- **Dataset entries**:
====================

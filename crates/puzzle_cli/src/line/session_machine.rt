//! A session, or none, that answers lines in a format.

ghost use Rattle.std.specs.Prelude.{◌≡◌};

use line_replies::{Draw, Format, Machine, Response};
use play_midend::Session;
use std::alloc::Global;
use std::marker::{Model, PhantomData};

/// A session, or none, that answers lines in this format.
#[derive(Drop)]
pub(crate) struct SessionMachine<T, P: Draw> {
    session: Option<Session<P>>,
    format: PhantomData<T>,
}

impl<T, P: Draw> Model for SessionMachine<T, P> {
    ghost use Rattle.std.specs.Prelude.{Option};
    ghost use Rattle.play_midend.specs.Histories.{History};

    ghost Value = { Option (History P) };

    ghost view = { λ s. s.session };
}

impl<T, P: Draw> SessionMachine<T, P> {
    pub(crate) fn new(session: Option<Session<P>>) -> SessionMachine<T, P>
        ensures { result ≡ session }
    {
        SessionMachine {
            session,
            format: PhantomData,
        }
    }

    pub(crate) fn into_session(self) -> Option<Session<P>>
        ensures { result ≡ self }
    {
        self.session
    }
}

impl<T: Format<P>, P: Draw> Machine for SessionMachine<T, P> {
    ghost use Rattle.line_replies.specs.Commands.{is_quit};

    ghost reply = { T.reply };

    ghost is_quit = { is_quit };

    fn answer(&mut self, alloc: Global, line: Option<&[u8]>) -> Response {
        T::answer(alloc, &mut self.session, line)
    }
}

====================

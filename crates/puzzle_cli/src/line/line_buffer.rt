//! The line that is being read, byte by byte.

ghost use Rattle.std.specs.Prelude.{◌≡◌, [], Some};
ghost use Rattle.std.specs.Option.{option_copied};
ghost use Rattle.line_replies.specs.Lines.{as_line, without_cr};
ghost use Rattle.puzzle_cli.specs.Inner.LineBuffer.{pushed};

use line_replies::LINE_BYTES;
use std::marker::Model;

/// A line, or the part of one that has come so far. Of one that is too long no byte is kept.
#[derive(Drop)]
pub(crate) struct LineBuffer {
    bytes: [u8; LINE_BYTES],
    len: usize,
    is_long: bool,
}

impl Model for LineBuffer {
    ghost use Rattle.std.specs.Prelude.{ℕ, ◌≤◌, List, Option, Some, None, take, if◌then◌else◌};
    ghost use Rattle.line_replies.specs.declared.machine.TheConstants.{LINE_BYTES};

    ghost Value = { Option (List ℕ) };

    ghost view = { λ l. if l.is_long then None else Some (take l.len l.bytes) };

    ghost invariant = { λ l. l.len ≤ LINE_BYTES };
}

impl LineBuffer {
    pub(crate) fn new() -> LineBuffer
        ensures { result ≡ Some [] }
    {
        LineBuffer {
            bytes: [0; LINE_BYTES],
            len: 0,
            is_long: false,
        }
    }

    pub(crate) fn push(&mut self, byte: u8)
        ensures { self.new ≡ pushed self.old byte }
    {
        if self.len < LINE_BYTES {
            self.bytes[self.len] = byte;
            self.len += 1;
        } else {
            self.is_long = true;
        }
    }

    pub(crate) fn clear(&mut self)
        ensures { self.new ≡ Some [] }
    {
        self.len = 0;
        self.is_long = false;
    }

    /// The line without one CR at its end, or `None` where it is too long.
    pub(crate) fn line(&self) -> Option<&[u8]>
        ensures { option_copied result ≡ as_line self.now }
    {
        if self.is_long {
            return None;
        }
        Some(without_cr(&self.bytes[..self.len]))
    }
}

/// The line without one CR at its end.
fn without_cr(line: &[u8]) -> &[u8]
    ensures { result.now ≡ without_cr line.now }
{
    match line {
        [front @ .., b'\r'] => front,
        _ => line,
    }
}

====================

All lines in the preceding records that hold the word "Draw" need to be copied.

- **Task answer**:
use line_replies::{Draw, Format, Machine, Response};
pub(crate) struct SessionMachine<T, P: Draw> {
impl<T, P: Draw> Model for SessionMachine<T, P> {
impl<T, P: Draw> SessionMachine<T, P> {
impl<T: Format<P>, P: Draw> Machine for SessionMachine<T, P> {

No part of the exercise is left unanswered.